Die Würde besteht in der hohen Qualität der bestehenden Architektur (Aussenräume und Innenräume) und, aus der Schönheit der Landschaft, und dem herrlichen Blick. Insbesondere der historischen Architektur sollte keine Konkurrenz gemacht werden. Die Landschaft soll möglichst wenig zerstört werden.

DER BESTAND WIRD IN SEINER FORM UND RÄUMLICHKEIT VERVOLLSTÄNDIGT UND GEWÜRDIGT

Das Areal ist u-förmig angelegt und östlich durch eine verhältnismäßig niedere Mauer schwach begrenzt.
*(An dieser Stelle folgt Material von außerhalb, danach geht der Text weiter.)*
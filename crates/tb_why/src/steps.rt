//! Single steps of a firing, as they are seen: each changes one thing, or tells of one.
ghost use Rattle.std.specs.Prelude.{◌≡◌, ◌≤◌, ◌+◌, true, false, ◌||◌, [], ◌∷◌, ◌++◌, map, take, slice_get, OnOk, IfSome, MatchBool, if◌then◌else◌};
ghost use Rattle.tb_scaled.specs.Amount.{IsAmount};
ghost use Rattle.tb_float.specs.Lists.{IsWaiting, floats_of, entry_count};
ghost use Rattle.tb_float.specs.Ranges.{AreFloatParams, IsSizedEntry, IsSizedMargin};
ghost use Rattle.tb_float.specs.Rooms.{IsArea};
ghost use Rattle.tb_node.specs.Fit.{IsExtent};
ghost use Rattle.tb_output.specs.Clear.{deferred_again, double_again};
ghost use Rattle.tb_output.specs.Columns.{single_wanted};
ghost use Rattle.tb_output.specs.Machine.{AreOutputParams};
ghost use Rattle.tb_told.specs.AreaTold.{told_call};
ghost use Rattle.tb_told.specs.Tales.{tales, decisions, column_tales, back_tales};
ghost use Rattle.tb_why.specs.Seen.{spot_seen, told_unless, with_lists, fill_told, fill_seen, fill_double_told, fill_double_seen, is_last, ship_told, ship_seen, without_double_seen, after_column_seen, without_column_seen, note_seen};
ghost use Rattle.tb_why.specs.SeenSteps.{TakesCompany, TakesNone};

use crate::Seen;
use crate::lists::{
    defer_areas, defer_double, empty, empty_column, single_wanted, tell_back, wide_part,
};
use std::alloc::AllocError;
use tb_float::{Entry, Part, Suppress};
use tb_fpage::Wanted;
use tb_margin::place_note;
use tb_node::{Float, Margin, Where};
use tb_param::{Params, exceeds};
use tb_told::{
    Piece, Spot, Tale, take_company, tell_called, tell_column, tell_doubled, tell_filled,
};

// Nothing is kept out of the areas of floats.
const NO_SUPPRESS: Suppress = Suppress {
    all: false,
    top: false,
    bottom: false,
};

impl Seen {
    /// The page and the column that are being made.
    pub(crate) fn spot(&self) -> Spot
        ensures { result ≡ spot_seen self.now }
    {
        Spot {
            page: self.number,
            second: self.two_columns && !self.first_column,
        }
    }

    /// How many entries a list has.
    pub(crate) fn count(&self, part: Part) -> usize
        ensures { result ≡ entry_count part self.now.floats }
    {
        self.pool.len(part)
    }

    /// What the next column of floats is made for.
    pub(crate) fn wanted(&self, p: &Params, clearing: bool) -> Wanted
        requires { AreOutputParams p.now }
        ensures { result ≡ single_wanted p.now self.now.floats clearing }
    {
        single_wanted(&self.pool, p, clearing)
    }

    /// Appends one tale, unless the page limit was met. Fails only if memory runs out.
    pub(crate) fn say(&self, pieces: &mut Vec<Piece>, tale: Tale) -> Result<(), AllocError>
        ensures { OnOk result (pieces.new.items ≡ pieces.old.items ++ told_unless self.now.over (Piece.Says tale ∷ [])) }
    {
        if self.over {
            return Ok(());
        }
        tell(pieces, tale)
    }

    /// Appends that the floats of these lines stand in the text of the next column. Fails only if memory runs out.
    pub(crate) fn stand(&self, pieces: &mut Vec<Piece>, here: &[u32]) -> Result<(), AllocError>
        ensures { OnOk result (pieces.new.items ≡ pieces.old.items ++ told_unless self.now.over (tales (map (λ l. Tale.Stands l) here.now))) }
    {
        if self.over {
            return Ok(());
        }
        tell_standing(pieces, here)
    }

    /// Appends that the floats of an area are taken back from their place. Fails only if memory runs out.
    pub(crate) fn back(
        &self,
        pieces: &mut Vec<Piece>,
        from: Part,
        place: Where,
    ) -> Result<(), AllocError>
        requires { IsArea from }
        ensures { OnOk result (pieces.new.items ≡ pieces.old.items ++ told_unless self.now.over (tales (back_tales place (floats_of from self.now.floats)))) }
    {
        if self.over {
            return Ok(());
        }
        tell_back(pieces, &self.pool, from, place)
    }

    /// Appends what is told where a column of floats is looked for in a list. Fails only if memory runs out.
    pub(crate) fn look(
        &self,
        pieces: &mut Vec<Piece>,
        wanted: &Wanted,
        from: Part,
    ) -> Result<(), AllocError>
        requires { IsWaiting from }
        ensures { OnOk result (pieces.new.items ≡ pieces.old.items ++ told_unless self.now.over (tales (column_tales (spot_seen self.now) wanted.now (floats_of from self.now.floats)))) }
    {
        if self.over {
            return Ok(());
        }
        tell_column(pieces, &self.pool, self.spot(), wanted, from)
    }

    /// The company that makes a column of floats leaves its list. False if there is none.
    pub(crate) fn take(&mut self, wanted: &Wanted, from: Part) -> bool
        requires { IsWaiting from }
        ensures { MatchBool result (TakesCompany wanted.now from self.old self.new) (TakesNone wanted.now from self.old self.new) }
    {
        take_company(&mut self.pool, from, wanted)
    }

    /// The floats that wait are tried for the next column, and told of. Fails only if memory runs out.
    pub(crate) fn fill(&mut self, pieces: &mut Vec<Piece>, p: &Params) -> Result<(), AllocError>
        requires { AreFloatParams p.now }
        ensures told { OnOk result (pieces.new.items ≡ pieces.old.items ++ fill_told p.now self.old) }
        ensures seen { OnOk result (self.new ≡ fill_seen p.now self.old) }
    {
        let told = pieces.len();
        tell_filled(pieces, &mut self.pool, p, &self.suppress)?;
        self.drop_if_over(pieces, told);
        Ok(())
    }

    /// The wide floats that wait are tried for the space above both columns, and told of. Fails only if memory runs out.
    pub(crate) fn fill_double(
        &mut self,
        pieces: &mut Vec<Piece>,
        p: &Params,
    ) -> Result<(), AllocError>
        requires { AreFloatParams p.now }
        ensures told { OnOk result (pieces.new.items ≡ pieces.old.items ++ fill_double_told p.now self.old) }
        ensures seen { OnOk result (self.new ≡ fill_double_seen p.now self.old) }
    {
        let told = pieces.len();
        tell_doubled(pieces, &mut self.pool, p, wide_part(p))?;
        self.drop_if_over(pieces, told);
        Ok(())
    }

    // Nothing is told once the page limit was met: the pieces behind the first `told` are dropped then.
    fn drop_if_over(&self, pieces: &mut Vec<Piece>, told: usize)
        ensures { pieces.new.items ≡ (if self.now.over then take told pieces.old.items else pieces.old.items) }
    {
        if self.over {
            pieces.truncate(told);
        }
    }

    /// A page is shipped, unless the page limit is met. Fails only if memory runs out.
    pub(crate) fn ship(&mut self, pieces: &mut Vec<Piece>, p: &Params) -> Result<(), AllocError>
        requires { AreOutputParams p.now }
        ensures told { OnOk result (pieces.new.items ≡ pieces.old.items ++ ship_told p.now self.old) }
        ensures seen { OnOk result (self.new ≡ ship_seen p.now self.old) }
    {
        if self.is_over(p) {
            self.stop();
            return Ok(());
        }
        tell_sent(pieces)?;
        self.next_page();
        Ok(())
    }

    // Whether the page limit was met, or is met now.
    fn is_over(&self, p: &Params) -> bool
        requires { AreOutputParams p.now }
        ensures over { result ≡ (self.now.over || is_last p.now self.now) }
        ensures few { result ≡ false → self.now.page ≤ 4194304 }
    {
        self.over || exceeds(self.page, p.maxpages)
    }

    // The page limit was met.
    fn stop(&mut self)
        ensures { self.new ≡ record self.old { over = true } }
    {
        self.over = true;
    }

    // The next page is made.
    fn next_page(&mut self)
        requires { self.old.page ≤ 4194304 }
        ensures { self.new ≡ record self.old { page = self.old.page + 1; number = self.old.number + 1 } }
    {
        self.page += 1;
        self.number += 1;
    }

    /// The page of two columns has taken the floats above them, and the next column is the first.
    pub(crate) fn end_pair(&mut self)
        ensures { self.new ≡ without_double_seen self.old }
    {
        empty(&mut self.pool, Part::Double);
        self.first_column = true;
    }

    /// The next column is the second.
    pub(crate) fn keep_left(&mut self)
        ensures { self.new ≡ record self.old { first_column = false } }
    {
        self.first_column = false;
    }

    /// The next column has no marginal note yet, and nothing is kept out of it.
    pub(crate) fn end_column(&mut self)
        ensures { self.new ≡ after_column_seen self.old }
    {
        self.note_bottom = 0;
        self.suppress = NO_SUPPRESS;
    }

    /// The floats of a text column leave with it.
    pub(crate) fn end_text(&mut self)
        ensures { self.new ≡ without_column_seen self.old }
    {
        empty_column(&mut self.pool);
    }

    /// The floats at the top and at the bottom wait again.
    pub(crate) fn defer_areas(&mut self)
        ensures { self.new ≡ with_lists (deferred_again self.old.floats) self.old }
    {
        defer_areas(&mut self.pool);
    }

    /// The floats above both columns wait again.
    pub(crate) fn defer_double(&mut self, p: &Params)
        ensures { self.new ≡ with_lists (double_again p.now self.old.floats) self.old }
    {
        defer_double(&mut self.pool, p);
    }

    /// The first of the current floats and notes.
    pub(crate) fn first(&self) -> Option<Entry>
        ensures value { result ≡ slice_get self.now.floats.current 0 }
        ensures sized { IfSome result IsSizedEntry }
    {
        match self.pool.entry(Part::Current, 0) {
            Some(entry) => Some(*entry),
            None => None,
        }
    }

    /// Appends what is told of a float that is called. Fails only if memory runs out.
    pub(crate) fn call(
        &self,
        pieces: &mut Vec<Piece>,
        p: &Params,
        page_height: i64,
        f: &Float,
    ) -> Result<(), AllocError>
        requires params { AreFloatParams p.now }
        requires height { IsAmount page_height }
        requires extent { IsExtent f.now.height }
        ensures { OnOk result (pieces.new.items ≡ pieces.old.items ++ tales (Tale.Calls (spot_seen self.now) f.now page_height ∷ decisions f.now (told_call p.now self.now.floats self.now.suppress page_height f.now))) }
    {
        tell(pieces, self.called(f, page_height))?;
        tell_called(pieces, &self.pool, p, &self.suppress, page_height, f)
    }

    // That a float is called at a text of this height.
    fn called(&self, f: &Float, page_height: i64) -> Tale
        ensures { result ≡ Tale.Calls (spot_seen self.now) f.now page_height }
    {
        Tale::Calls(self.spot(), *f, page_height)
    }

    /// What is told of a note beside a text of this height.
    pub(crate) fn beside(&self, p: &Params, height: i64, m: &Margin) -> Tale
        requires params { AreOutputParams p.now }
        requires height { IsAmount height }
        requires bottom { IsAmount self.now.note_bottom }
        requires margin { IsSizedMargin m.now }
        ensures { result ≡ note_seen p.now height m.now self.now }
    {
        let placed = place_note(
            m,
            p,
            self.number,
            self.two_columns,
            self.first_column,
            height,
            self.note_bottom,
        );
        Tale::Beside(self.spot(), *m, height, self.note_bottom, placed)
    }
}

// Appends a tale. Fails only if memory runs out.
fn tell(pieces: &mut Vec<Piece>, tale: Tale) -> Result<(), AllocError>
    ensures { OnOk result (pieces.new.items ≡ pieces.old.items ++ Piece.Says tale ∷ []) }
{
    pieces.push(Piece::Says(tale))?;
    Ok(())
}

// Appends the place of what is sent next. Fails only if memory runs out.
fn tell_sent(pieces: &mut Vec<Piece>) -> Result<(), AllocError>
    ensures { OnOk result (pieces.new.items ≡ pieces.old.items ++ Piece.NextSent ∷ []) }
{
    pieces.extend_from_slice(&[Piece::NextSent])?;
    Ok(())
}

// Appends that the floats of these lines stand in a text. Fails only if memory runs out.
fn tell_standing(pieces: &mut Vec<Piece>, here: &[u32]) -> Result<(), AllocError>
    ensures { OnOk result (pieces.new.items ≡ pieces.old.items ++ tales (map (λ l. Tale.Stands l) here.now)) }
{
    for line in here {
        pieces.push(Piece::Says(Tale::Stands(*line)))?;
    }
    Ok(())
}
Durch eine Begrenzung mittels eines Gebäudes wird dieses Areal geschlossen. Das Gebäude im vorderen Teil parallel zur Mauer mit einem geneigten Dach versehen um die Architektursprache des Bestandes aufzunehmen. Die Mauer wurde nicht beschädigt, sie wird mit einer Brücke und Treppe überwunden. Die Gompa wird so erhöht und gewinnt an Bedeutung. Ein rollstuhlgerechter Aufzug ist in der Gompa integriert. Ein Weg durch das bestehende Tor am Eishaus verbindet Aufzug und Innenhof. Der Bestand wurde in keiner Weise zerstört. Auch das Cafe ist in frei miteinander verbundenen Einzelräumen und Glasfassade getrennt von der gemauerte Gebäudehülle in die bestehende Raumstruktur integriert.

DIE IN GEBRAUCH GENOMMENE VEGETATION WIRD NICHT ZERSTÖRT, SONDERN AUF DEM DACH WIEDERHERGESTELLT UND DIE LANDSCHAFT WIRD GEWÜRDIGT.
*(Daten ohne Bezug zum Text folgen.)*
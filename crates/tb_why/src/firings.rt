//! What is told of the firing of a page that the routine has filled.

ghost use Rattle.std.specs.Prelude.{◌≡◌, ◌≤◌, ◌+◌, IfOk};
ghost use Rattle.tb_float.specs.Pool.{HasNoMarks};
ghost use Rattle.tb_run.specs.FilledPages.{CanServe};
ghost use Rattle.tb_why.specs.ShownTurns.{pieces_in, seen_in};

use crate::{Seen, tell_firing};
use std::alloc::{AllocError, Global};
use tb_builder::Page;
use tb_output::Machine;
use tb_run::Routine;
use tb_told::{Piece, here_lines};

/// What is told of the firing of a page that was filled, before it is served; nothing, if the firing is not allowed. It fails
/// only if memory runs out.
pub(crate) fn told_pieces(
    alloc: Global,
    routine: &Routine<'_>,
    page: &Page,
) -> Result<Vec<Piece>, AllocError>
    requires { CanServe page.now routine.now }
    ensures { IfOk result (λ v. v.items ≡ pieces_in routine.now page.now) }
{
    let machine = &routine.machine;
    let mut pieces = Vec::new(alloc);
    if !machine.may_fire() {
        return Ok(pieces);
    }
    let reading = machine.reading(&routine.store, &routine.builder, page);
    let here = here_lines(alloc, &routine.store, page.body)?;
    let seen = seen_before(alloc, machine)?;
    tell_firing(
        &mut pieces,
        machine.params(),
        page.penalty,
        &reading,
        here.as_slice(),
        seen,
    )?;
    Ok(pieces)
}

// What is seen of the machine before it fires, with a copy of its floats. Fails only if memory runs out.
fn seen_before(alloc: Global, machine: &Machine) -> Result<Seen, AllocError>
    requires unmarked { HasNoMarks machine.now.pool }
    requires numbered { machine.now.number ≤ machine.now.page + 1000000 }
    ensures { IfOk result (λ v. v ≡ seen_in machine.now) }
{
    let standing = machine.standing();
    Ok(Seen {
        page: standing.page,
        number: standing.number,
        two_columns: standing.two_columns,
        first_column: standing.first_column,
        suppress: standing.suppress,
        note_bottom: standing.note_bottom,
        over: false,
        pool: machine.pool().copy(alloc)?,
    })
}
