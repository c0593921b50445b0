//! Why a text is no JSON, and where it stops being one.

/// Why a text is no JSON from an offset on.
#[derive(Clone, Copy, Debug, PartialEq, Eq)]
pub enum Broken {
    /// The text begins with a byte order mark.
    Mark,
    /// It ends, and no list or object is open: a value has to stand there.
    Empty,
    /// It ends, and the innermost list or object that is open begins at this offset.
    Cut(usize),
    /// Something stands behind the value that the text is.
    Behind,
    /// A bracket closes a list or an object, and the one that is open, from this offset on, has the other kind.
    Unmatched(usize),
    /// Neither a comma nor the bracket that closes what is open from this offset on stands behind a value.
    NoComma(usize),
    /// No colon stands behind the name of a member.
    NoColon,
    /// No name in quotes stands where a member begins.
    NoMember,
    /// No value stands where one begins.
    NoValue,
    /// A list or an object begins within 127 others.
    TooDeep,
    /// A number is above all that are read.
    LargeNumber,
    /// The quotation mark of a text isn't followed by another one.
    OpenText,
    /// The same before the line ends.
    OpenLine,
    /// A control character stands in a text.
    Control,
    /// A backslash in a text begins nothing that JSON has.
    Escape,
    /// A `\u` has not four hex digits.
    Digits,
    /// A `\u` is half of a surrogate pair, and the other half isn't there.
    Surrogate,
    /// A byte in a text is no character in UTF-8.
    Utf8,
}

/// Where a text stops being JSON, and why.
#[derive(Clone, Copy, Debug, PartialEq, Eq)]
pub struct JsonFault {
    pub offset: usize,
    pub why: Broken,
}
Die Baumasse der großen Gompa wurde mit einem Grasdach versehen, sodaß die bebaute Fläche auf dem Dach wieder als Vegetationsfläche hergestellt ist. Ebenfalls sind die Funktionsräume im Hang grasüberdacht integriert.
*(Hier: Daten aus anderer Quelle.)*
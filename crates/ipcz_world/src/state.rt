//! The state of a world. What it does stands in the modules below.
ghost use Rattle.std.specs.Prelude.{◌≡◌, ◌<◌, ◌≤◌, ◌+◌, IfOk, IfErr, IsOk, OnOk, OnErr, length, map};
ghost use Rattle.ipcz_word.specs.Layout.{word_of_bits};
ghost use Rattle.ipcz_world.specs.Coding.{claimed_word, table_of, AreUnclaimedEmpty, IsTable};
ghost use Rattle.ipcz_world.specs.HeldEnds.{grown};
ghost use Rattle.ipcz_world.specs.Holding.{holder_of, routers_at};
ghost use Rattle.ipcz_world.specs.Lawful.{IsWithinLimits};
ghost use Rattle.ipcz_world.specs.Parts.{world_of_parts};
ghost use Rattle.ipcz_world.specs.Owed.{IsWet};
ghost use Rattle.ipcz_world.specs.Retries.{LetAskAt, LetAskTold};
ghost use Rattle.ipcz_world.specs.RoomyWorlds.{HasRoomToAct, HasRoomToStep};
ghost use Rattle.ipcz_world.specs.Steps.{Gives, StepFirst, first_step};
ghost use Rattle.ipcz_world.specs.Taking.{IsRegular, node_of};
ghost use Rattle.ipcz_world.specs.Turns.{next_at};
ghost use Rattle.ipcz_world.specs.World.{new_world};

pub(crate) mod asking;
pub(crate) mod calls;
pub(crate) mod fast_path;
pub(crate) mod limits;
pub(crate) mod listing;
pub(crate) mod settling;
pub(crate) mod turns;

use crate::link_words::LinkWords;
use crate::mail::Mail;
use crate::mailboxes::Mailboxes;
use crate::nodes::Nodes;
use crate::step::{Reply, Step};
use ipcz_base::{End, Profile, Refusal};
use ipcz_node::{NodeState, first_pair_count};
use std::alloc::Global;
use std::marker::Model;

/// The parts of a world: its nodes, the link words and the mailboxes. A `World` keeps that they are lawful; here each call says what it
/// needs of them.
#[derive(Drop)]
pub(crate) struct State {
    nodes: Nodes,
    words: LinkWords,
    mail: Mailboxes,
    count: u8,
    alloc: Global,
}

impl Model for State {
    ghost use Rattle.std.specs.Prelude.{length};
    ghost use Rattle.std.specs.FinMap.{code};
    ghost use Rattle.std.specs.Coded.{codes};
    ghost use Rattle.ipcz_world.specs.RoomyWorlds.{RoomyWorld};

    ghost Value = { RoomyWorld };

    ghost coded = { Prim.hlevel (codes, code) };

    ghost view = { λ a. record {
      world = record {
        nodes = a.nodes.nodes;
        words = a.words.words;
        claimed = a.words.claimed;
        size = length a.words.words;
        count = a.count;
        mail = a.mail;
      };
      rooms = a.nodes.rooms;
    } };
}

impl State {
    /// The world of so many nodes and words at the start.
    #[tactic(auto, unfolding(crate::specs::World::new_world))]
    pub(crate) fn new(alloc: Global, nodes: u8, words: u32) -> Result<State, Refusal>
        requires { IsWithinLimits nodes words }
        ensures world { IfOk result (λ s. s.world ≡ new_world nodes words) }
        ensures why { IfErr result (λ e. e ≡ Refusal.OutOfMemory) }
    {
        let boxes = usize::from(nodes) * usize::from(nodes);
        let Ok(words) = LinkWords::new(alloc, first_pair_count(nodes), words) else {
            return Err(Refusal::OutOfMemory);
        };
        let Ok(mail) = Mailboxes::new(alloc, boxes) else {
            return Err(Refusal::OutOfMemory);
        };
        Ok(State {
            nodes: Nodes::new(alloc, nodes)?,
            words,
            mail,
            count: nodes,
            alloc,
        })
    }

    /// The world of these parts.
    pub(crate) fn of_parts(
        nodes: Vec<NodeState>,
        mail: Vec<Mail>,
        words: Vec<u64>,
        claimed: u64,
    ) -> State
        requires words { IsTable words.items claimed }
        requires empty { AreUnclaimedEmpty (map word_of_bits words.items) claimed }
        requires nodes { length nodes.items ≤ 255 }
        requires mail { length mail.items ≤ 4096 }
        ensures { result.world ≡ world_of_parts (map (λ k. k.node) nodes.items) mail.items (map word_of_bits words.items) claimed }
    {
        let alloc = *nodes.allocator();
        let count = nodes.len() as u8;
        State {
            nodes: Nodes::of(nodes),
            words: LinkWords::of(words, claimed),
            mail: Mailboxes::of(mail),
            count,
            alloc,
        }
    }

    /// How many words were claimed.
    pub(crate) fn claimed(&self) -> u64
        ensures { result ≡ self.now.world.claimed }
    {
        self.words.claimed()
    }

    /// How many words are left to claim.
    pub(crate) fn words_left(&self) -> u64
        ensures { self.now.world.claimed + result ≡ self.now.world.size }
    {
        self.words.left()
    }

    /// So many link words more, none of them claimed.
    pub(crate) fn add_words(&mut self, count: u64) -> Result<(), Refusal>
        ensures more { OnOk result (self.new.world ≡ grown self.old.world count) }
        ensures none { count ≡ 0 → IsOk result }
        ensures err { OnErr result (self.new.world ≡ self.old.world) }
        ensures why { IfErr result (λ e. e ≡ Refusal.OutOfMemory) }
    {
        match self.words.add(count) {
            Ok(()) => Ok(()),
            Err(_) => Err(Refusal::OutOfMemory),
        }
    }

    /// Lets the dry routers of each node ask for a word again, and answers how many there were, or 2^64 - 1 if there were more.
    pub(crate) fn retry(&mut self) -> u64
        requires { length self.old.world.nodes ≡ self.old.world.count }
        ensures asked { LetAskTold self.old.world result self.new.world }
        ensures wet { IsWet self.new.world }
    {
        let mut told: u64 = 0;
        for n in 0..self.count {
            told = told.saturating_add(self.retry_at(n));
        }
        told
    }

    // Lets those of one node.
    fn retry_at(&mut self, n: u8) -> u64
        requires { n < length self.old.world.nodes }
        ensures { LetAskAt self.old.world n result self.new.world }
    {
        self.nodes.node_mut(n).let_all_ask()
    }

    /// The number of a claimed word.
    pub(crate) fn word(&self, i: u64) -> Option<u64>
        ensures { result ≡ claimed_word (table_of self.now.world) i }
    {
        self.words.word(i)
    }

    /// The first node whose callers hold the end, if some do.
    #[tactic(auto, unfolding(crate::specs::World::node_at))]
    pub(crate) fn holder_of(&self, end: End) -> Option<u8>
        requires { IsRegular self.now.world }
        ensures { result ≡ holder_of self.now.world end }
    {
        for n in 0..self.count {
            if self.nodes.node(n).holds(end) {
                return Some(n);
            }
        }
        None
    }

    /// How many routers a node has, if it is there.
    #[tactic(auto, unfolding(crate::specs::World::node_at))]
    pub(crate) fn routers(&self, node: u8) -> Option<usize>
        requires { IsRegular self.now.world }
        ensures { result ≡ routers_at self.now.world node }
    {
        if node < self.count {
            Some(self.nodes.node(node).router_count())
        } else {
            None
        }
    }

    /// Takes a step; one for a node that isn't there is refused.
    pub(crate) fn step(&mut self, step: &Step) -> Reply
        requires { IsRegular self.old.world }
        ensures stepped { StepFirst self.old.world step.now result self.new.world }
        ensures full { HasRoomToStep self.old step.now → Gives (first_step self.old.world step.now) result self.new.world }
    {
        if node_of(step) >= self.count {
            return Reply::Refused(Refusal::Stranger);
        }
        self.step_here(step)
    }

    // Takes a step for a node that is there.
    #[tactic(auto, unfolding(crate::specs::Taking::node_of))]
    fn step_here(&mut self, step: &Step) -> Reply
        requires regular { IsRegular self.old.world }
        requires node { node_of step.now < self.old.world.count }
        ensures stepped { StepFirst self.old.world step.now result self.new.world }
        ensures full { HasRoomToStep self.old step.now → Gives (first_step self.old.world step.now) result self.new.world }
    {
        match step {
            Step::Open(node) => self.open(*node),
            Step::Put {
                node,
                at,
                bytes,
                ends,
            } => self.put(Profile::Printed, *node, *at, bytes, ends),
            Step::PutWide {
                node,
                at,
                bytes,
                ends,
            } => self.put(Profile::Wide, *node, *at, bytes, ends),
            Step::Get { node, at } => self.get(*node, *at),
            Step::Close { node, at } => self.close(*node, *at),
            Step::Turn(node) => self.turn(*node),
        }
    }

    // Takes the turn of a node that is there.
    fn turn(&mut self, n: u8) -> Reply
        requires regular { IsRegular self.old.world }
        requires node { n < self.old.world.count }
        ensures stepped { StepFirst self.old.world (Step.Turn n) result self.new.world }
        ensures full { HasRoomToAct self.old n (next_at self.old.world n) → Gives (first_step self.old.world (Step.Turn n)) result self.new.world }
    {
        let act = self.next(n);
        match self.take_first(n, act) {
            Ok(event) => Reply::Turned(event),
            Err(why) => Reply::Refused(why),
        }
    }
}

// The node that a step is for.
#[tactic(auto, unfolding(crate::specs::Taking::node_of))]
fn node_of(step: &Step) -> u8
    ensures { result ≡ node_of step.now }
{
    match step {
        Step::Open(node) | Step::Turn(node) => *node,
        Step::Put { node, .. }
        | Step::PutWide { node, .. }
        | Step::Get { node, .. }
        | Step::Close { node, .. } => *node,
    }
}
Blickverbindungen und Signifikanz
Die Blickverbindungen zur Buddhastatue und zur Stupa sind immer axial und zentral optimiert. Der Raum der großen Gompa ist so konzipiert, dass vorne mehr Leute sitzen können, wie hinten und erhält hier aus der Funktion geboren eine trapezförmige Form. Das Gebäude öffnet sich zur Buddhastatue hin und diese erhält durch das Gebäude eine Betonung. Sie steht vor einer Glaswand, die eine Sicht auf die Vegetation (Wald,..) gibt. So entsteht eine in der Dachform ablesbare Form, die an Karmapas Krone erinnert und eine Signifikanz und Identifikation bewirkt. Die kleine Gompa ist im Obergeschoss konzipiert und erhält einen zentralen und direkten Blick auf die Buddhastatue.

Wohnen bei der Gompa
Durch die große Fläche der Gompa und des entstehenden Raumes unter der Gompa wird vorgeschlagen, diesen Raum zum Wohnen mit Blick zur Natur zu organisieren. Das Wohnen und der Besucherstrom der Gompa sind räumlich komplett getrennt, da in den Wohnbereich und dessen Aussenanlage der Gompabesucher im Normalfall nicht vordringt. Ein Wohnen dicht bei der Gompa bedeutet für mich eine starke emotionale Kraft.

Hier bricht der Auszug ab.